Moreover, stocks continue to enjoy the tailwind of positive momentum relative to bonds. One measure on which we are keeping an eye is the rate of change of corporate bond spreads relative to Treasury bonds, which we view as a good proxy for investor risk appetite. These remain generally quite high, despite evidence that the pace of corporate bankruptcies is slowing. However, most of the weakness is concentrated in the distressed energy sector.
Many have pointed out that stock indices have become alarmingly dependent on the performance of a handful of stocks. However, we do not find this to be concerning; while Facebook, Microsoft, Apple, Google, and Amazon may make up only 8% of the sales of the Russell 1000, their 14% contribution to the net income of the Russell 1000 index is not too far away from their market cap weight of 18%. We also continue to emphasize domestic stocks over international exposure. The decline in corporate profits in the U.S. was less severe than in international markets this year—resulting in a lower hurdle for the domestic economy to return to previous levels of activity, output, and profitability. In addition, the pace of the American recovery is off to a stronger start than in international markets.
We are busy updating our long-term expected returns across the investable opportunity set, as we always do at this time of the year. Given the challenges of today’s starting point, with zero returns to low-risk investments and elevated valuations for riskier, higher-growth investments, creativity will be required to meet client goals.
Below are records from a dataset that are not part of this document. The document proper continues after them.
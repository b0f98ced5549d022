ghost use Rattle.std.specs.Prelude.{◌≡◌, [], length, OnOk, OnErr};
ghost use Rattle.std.specs.Str.{bytes_eq};
ghost use Rattle.schema_analyser.specs.Different.{with_different};

use indexmap::IndexSet;
use std::alloc::{AllocError, Global};
use std::marker::Model;

/// Texts, each once, in the order in which they first came.
#[derive(Drop)]
pub(crate) struct Texts {
    set: IndexSet<String>,
}

impl Model for Texts {
    ghost use Rattle.std.specs.Prelude.{ℕ, List, map, string_bytes};

    ghost Value = { List (List ℕ) };

    ghost view = { λ t. map string_bytes t.set.keys };
}

impl Texts {
    pub(crate) fn new(alloc: Global) -> Texts
        ensures exact { result ≡ [] }
    {
        Texts {
            set: IndexSet::new(alloc),
        }
    }

    pub(crate) fn len(&self) -> usize
        ensures exact { result ≡ length self.now }
    {
        self.set.len()
    }

    /// Keeps a text, unless it is there. It is copied only where it is new.
    pub(crate) fn add(&mut self, alloc: Global, text: &str) -> Result<(), AllocError>
        ensures ok { OnOk result (self.new ≡ with_different bytes_eq self.old text.now) }
        ensures memory { OnErr result (self.new ≡ self.old) }
    {
        if self.set.contains(text) {
            return Ok(());
        }
        let copy = String::from_str(alloc, text)?;
        self.set.insert(copy)?;
        Ok(())
    }
}
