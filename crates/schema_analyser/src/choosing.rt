ghost use Rattle.std.specs.Prelude.{◌≡◌, ◌≤◌, IfOk, map};
ghost use Rattle.row_versions.specs.History.{rows_of};
ghost use Rattle.schema_analyser.specs.Choice.{AreBySurvey, AreChosen, home_by};
ghost use Rattle.shown_rows.specs.Rows.{rows_at};

use crate::choice::Choice;
use crate::limits::Limits;
use crate::survey::Survey;
use attr_catalog::Home;
use doc_values::AttrId;
use layout_store::Layout;
use std::alloc::{AllocError, Global};

/// The homes of the attributes of a survey, by their numbers.
pub fn choose(survey: &Survey, limits: Limits) -> Result<Vec<Choice>, AllocError>
    ensures ok { IfOk result (λ choices. AreBySurvey limits survey.now choices.items) }
{
    let mut choices = Vec::new(survey.allocator());
    for id in 0..survey.len() {
        let id = AttrId(id);
        let (count, distinct) = survey.tally(id);
        let home = home_of(limits, survey.documents(), count, distinct);
        choices.push(Choice { id, home })?;
    }
    Ok(choices)
}

// The home that counts give.
fn home_of(limits: Limits, documents: u32, count: u32, distinct: u32) -> Home
    ensures exact { result ≡ home_by limits documents count distinct }
{
    let wanted = u64::from(limits.density) * u64::from(documents);
    let dense = wanted <= u64::from(count) * 100;
    if documents > 0 && dense && distinct > limits.cardinality {
        Home::Column
    } else {
        Home::Reservoir
    }
}

/// The homes of all attributes over the documents that a collection shows after `now` commits: a survey of all its rows in
/// one piece, and the choice.
pub fn choose_now(
    alloc: Global,
    layout: &Layout,
    now: u64,
    limits: Limits,
) -> Result<Vec<Choice>, AllocError>
    requires now { layout.now.history.horizon ≤ now }
    ensures ok { IfOk result (λ choices. AreChosen limits layout.now.attributes (map (λ row. row.document) (rows_at layout.now now)) choices.items) }
{
    let mut survey = Survey::new(alloc);
    survey.take(layout, now, 0, layout.versions().rows())?;
    choose(&survey, limits)
}
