ghost use Rattle.std.specs.Prelude.{◌≡◌, ◌<◌, ◌≤◌, ◌+◌, ℕ, List, Some, All, OnOk, map, length, max};
ghost use Rattle.doc_values.specs.declared.kind.Kind.{Kind as KindOf};
ghost use Rattle.attr_catalog.specs.Paths.{lawful_path, IsLawful};
ghost use Rattle.layout_store.specs.Documents.{document_at};
ghost use Rattle.schema_analyser.specs.Survey.{values_in, values_of, tally_of};
ghost use Rattle.schema_analyser.specs.Tally.{tallied};

use crate::lawful::path_to;
use crate::tally::Tally;
use attr_catalog::Path;
use doc_values::{AttrId, documents_are_maps};
use layout_store::Layout;
use row_versions::VersionId;
use std::alloc::{AllocError, Global};

/// Makes tallies until there are so many.
pub(crate) fn reach(alloc: Global, tallies: &mut Vec<Tally>, len: usize) -> Result<(), AllocError>
    ensures ok { OnOk result (length tallies.new.items ≡ max (length tallies.old.items) len) }
    ensures kept { (id : ℕ) → tally_of id tallies.new.items ≡ tally_of id tallies.old.items }
    ensures few { length tallies.new.items ≤ max (length tallies.old.items) len }
{
    for place in tallies.len()..len {
        tallies.push(Tally::new(alloc))?;
    }
    Ok(())
}

/// Tallies for each attribute the values that some versions hold.
pub(crate) fn take_all(
    alloc: Global,
    layout: &Layout,
    versions: &[VersionId],
    tallies: &mut [Tally],
) -> Result<(), AllocError>
    requires standing { All (λ v. v.0 < length layout.now.history.versions) versions.now }
    requires reached { length layout.now.attributes ≤ length tallies.old }
    requires room { All (λ t. t.count + length versions.now ≤ 4294967295) tallies.old }
    ensures ok { OnOk result ((id : ℕ) → tally_of id tallies.new ≡ tallied (tally_of id tallies.old) (values_of layout.now.attributes id (map (λ v. document_at layout.now v.0) versions.now))) }
    ensures few { (id : ℕ) → (tally_of id tallies.new).count ≤ (tally_of id tallies.old).count + length versions.now }
{
    for id in 0..layout.catalog().len() {
        take_attribute(
            alloc,
            layout,
            versions,
            AttrId(id),
            &mut tallies[id as usize],
        )?;
    }
    Ok(())
}

// Tallies the values of an attribute.
fn take_attribute(
    alloc: Global,
    layout: &Layout,
    versions: &[VersionId],
    id: AttrId,
    tally: &mut Tally,
) -> Result<(), AllocError>
    requires standing { All (λ v. v.0 < length layout.now.history.versions) versions.now }
    requires within { id.0 < length layout.now.attributes }
    requires room { tally.old.count + length versions.now ≤ 4294967295 }
    ensures ok { OnOk result (tally.new ≡ tallied tally.old (values_of layout.now.attributes id.0 (map (λ v. document_at layout.now v.0) versions.now))) }
    ensures few { tally.new.count ≤ tally.old.count + length versions.now }
{
    let path = path_to(layout.catalog(), id);
    take_values(alloc, layout, versions, &path, tally)
}

// Tallies the values along a path.
fn take_values(
    alloc: Global,
    layout: &Layout,
    versions: &[VersionId],
    path: &Path,
    tally: &mut Tally,
) -> Result<(), AllocError>
    requires standing { All (λ v. v.0 < length layout.now.history.versions) versions.now }
    requires lawful { (name : List ℕ) × (of : KindOf) × (path.now ≡ lawful_path name (Some of) layout.now.attributes) }
    requires room { tally.old.count + length versions.now ≤ 4294967295 }
    ensures ok { (name : List ℕ) (of : KindOf) → path.now ≡ lawful_path name (Some of) layout.now.attributes → OnOk result (tally.new ≡ tallied tally.old (values_in name of (map (λ v. document_at layout.now v.0) versions.now))) }
    ensures few { tally.new.count ≤ tally.old.count + length versions.now }
{
    documents_are_maps();
    layout.keeps_the_rules();
    for version in versions {
        if let Some(value) = layout.read(*version, path) {
            tally.add(alloc, value)?;
        }
    }
    Ok(())
}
We will continue to lean on the process we have deployed over several market cycles to remain disciplined, agile, and highly selective.
We expect three interrelated issues to influence the near-term outlook:
- Further progress in containing the coronavirus pandemic during the fall months as schools and colleges return to campus. Policymakers have come to appreciate just how blunt a complete lockdown across the entire economy is given the enormous collateral damage it has on the economy and jobs. We are increasingly likely to see more targeted lockdowns to combat flare-ups as testing and tracing become more available and effective.
- The possibility of additional fiscal stimulus to bring further relief to the economy. While the economic recovery has brought the unemployment rate down to 7.9% in recent months, the momentum in job gains is slowing, and there are signs of permanent job losses increasing. Bipartisan consensus on what to emphasize in such a package has been more difficult to achieve than earlier this year when the economy was staring into the abyss.
- Most significantly, the U.S. presidential election. Since 1926, no president has been successfully re-elected when an economic recession has occurred two years prior to the election. Unfortunately, the possibility of a contested election looms large amidst bitter partisanship. Markets will be particularly focused on what the result may mean for the design of future stimulus packages, corporate tax rates, and trade policy with China. A Democratic Party sweep, in which it gains control of the White House and Senate and retains control of the House of Representatives, is key to its ability to advance its agenda.